The “caveman” son of a New York City judge pleaded guilty Wednesday to storming the US Capitol during the riot last year.
Aaron Mostofsky, 35, was one of the most memorable rioters who broke into the Capitol, sporting a stolen bulletproof vest, fur pelts, a walking stick and carrying a stolen riot shield.
Mostofsky is the son of Shlomo Mostofsky, a Brooklyn Supreme Court judge and a prominent figure in the Orthodox Jewish community.
Now he is staring down 12 to 18 months in federal prison after copping to civil disorder, theft of government property and entering and remaining in a restricted building or grounds charges. He will be sentenced on May 6.
Mostofsky spoke to The Post while in the Capitol that day, explaining he joined the insurrection “to express my opinion as a free American that this election was stolen.”
“We were cheated,” he said. “I don’t think 75 million people voted for Trump — I think it was close to 85 million. I think certain states that have been red for a long time turned blue and were stolen, like New York.”
He said at the time that Congress members shouldn’t fear protesters like him.
“[They] shouldn’t be afraid; they should get the courage to do their duty to examine the fraud and maybe delay the election,” he said, also criticizing COVID-19 restrictions in the conversation.
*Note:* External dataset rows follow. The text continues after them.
//! What the symbols of relocation entries stand for.
ghost use Rattle.std.specs.Prelude.{◌≡◌, ◌<◌, length, None, IfOk, slice_index_or};
ghost use Rattle.oc_linking.specs.FirstFault.{stage_fault};
ghost use Rattle.oc_coff.specs.SymbolFaults.{symbol_stage};
ghost use Rattle.oc_coff.specs.Files as files;
ghost use Rattle.oc_coff_judge.specs.Aimed as aimed;
ghost use Rattle.oc_coff_judge.specs.Found.{IsFound};
ghost use Rattle.oc_coff_judge.specs.Numbered.{entry_by};
ghost use Rattle.oc_coff_judge.specs.Tagged.{IsSymbolEntry};

use crate::bindings::{binding_of, is_own, value_of};
use crate::found::Found;
use oc_base::NoMemory;
use oc_coff::Coff;
use oc_neutral::{Binding, Fallback, Value};
use std::alloc::Global;

/// What a field can have of the symbol of its relocation entry.
#[derive(Clone, Copy)]
pub(crate) enum AimKind {
    /// Nothing: no field can name the symbol.
    Nothing,
    /// An address that lies in a section, or may.
    Home,
    /// An address that lies in no section wherever it is placed.
    Homeless,
}

// what a carried symbol stands for
fn aim_bound(binding: Binding) -> AimKind
    ensures { result ≡ aimed.aim_bound binding }
{
    match binding {
        Binding::Local(Value::Absolute(_)) => AimKind::Nothing,
        Binding::Global(Value::Absolute(_)) => AimKind::Homeless,
        Binding::Weak(Fallback::Zero) => AimKind::Homeless,
        Binding::Local(Value::Place { .. })
        | Binding::Global(Value::Place { .. })
        | Binding::Undefined
        | Binding::Common { .. }
        | Binding::Weak(Fallback::Place { .. } | Fallback::Name(_)) => AimKind::Home,
    }
}

// what a symbol of that value that is not carried stands for
fn aim_placed(value: Option<Value>) -> AimKind
    ensures { result ≡ aimed.aim_placed value }
{
    match value {
        Some(Value::Place { .. }) => AimKind::Home,
        Some(Value::Absolute(_)) | None => AimKind::Nothing,
    }
}

// what the symbol of entry `j` stands for; `None` where no entry can name it
#[tactic(auto, unfolding(crate::specs::Numbered::entry_by))]
fn aim_of(coff: &Coff, found: &Found, j: u32) -> Option<AimKind>
    requires clean { stage_fault (symbol_stage (files.tables_in coff.now)) ≡ None }
    requires found { IsFound coff.now found.now }
    requires there { j < length (files.tables_in coff.now).entries }
    requires symbol { IsSymbolEntry coff.now j }
    ensures { result ≡ aimed.aim_for (files.tables_in coff.now) (entry_by coff.now j) }
{
    let s = coff.symbol(j);
    match binding_of(coff, &found.sections, &found.tagged, j, &s) {
        Some(binding) => Some(aim_bound(binding)),
        None => {
            if is_own(&found.tagged, j, &s) {
                Some(aim_placed(value_of(coff, &found.sections, &s)))
            } else {
                None
            }
        }
    }
}

// the same of entry `j`, which may be an auxiliary one
fn numbered_aim(coff: &Coff, found: &Found, j: u32) -> Option<AimKind>
    requires clean { stage_fault (symbol_stage (files.tables_in coff.now)) ≡ None }
    requires found { IsFound coff.now found.now }
    requires there { j < length (files.tables_in coff.now).entries }
    ensures { result ≡ aimed.aim_numbered (files.tables_in coff.now) j }
{
    coff.is_headed();
    match found.starts.get(j) {
        Some(_) => aim_of(coff, found, j),
        None => None,
    }
}

/// What each entry of the symbol table stands for; `None` where no relocation entry can name it.
/// `NoMemory` where memory ran out. Linear in the entries and the names.
pub(crate) fn aims_of(
    alloc: Global,
    coff: &Coff,
    found: &Found,
) -> Result<Vec<Option<AimKind>>, NoMemory>
    requires clean { stage_fault (symbol_stage (files.tables_in coff.now)) ≡ None }
    requires found { IsFound coff.now found.now }
    ensures { IfOk result (λ aims. aims.items ≡ aimed.aims_in (files.tables_in coff.now)) }
{
    let count = coff.entry_count();
    let mut aims = Vec::with_capacity(alloc, count as usize)?;
    for j in 0..count {
        aims.push(numbered_aim(coff, found, j))?;
    }
    Ok(aims)
}

/// What symbol `j` stands for. Constant time.
pub(crate) fn aim_at(aims: &[Option<AimKind>], j: u32) -> Option<AimKind>
    ensures { result ≡ slice_index_or aims.now j None }
{
    match aims.get(j as usize) {
        Some(aim) => *aim,
        None => None,
    }
}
Shlomo Mostofsky, a prominent Brooklyn judge, has said little of his son’s actions and get-up, which became a meme on the internet. In messages revealed as part of the investigation, the younger Mostofsky had told someone meeting him at the riot he would be dressed as a “caveman.”
“Even a caveman knows it was stolen,” he wrote, according to prosecutors.
The FBI has previously said the stolen bulletproof vest was worth almost $2,000 and the riot shield was worth $256. Mostofsky told The Post he found the shield on the floor.
The wannabe revolutionary was arrested on Jan. 12, 2021, when the FBI raided his brother’s house, where agents were seen carting away the outfit he wore the day of the insurrection.
Mostofsky is one of more than 730 people who have been charged with federal crimes for their role in the riot, and one of more than 200 who have pleaded guilty. Most rioters were facing misdemeanors, but the judge’s heir is in a special group of around 25 who pleaded guilty to felony charges.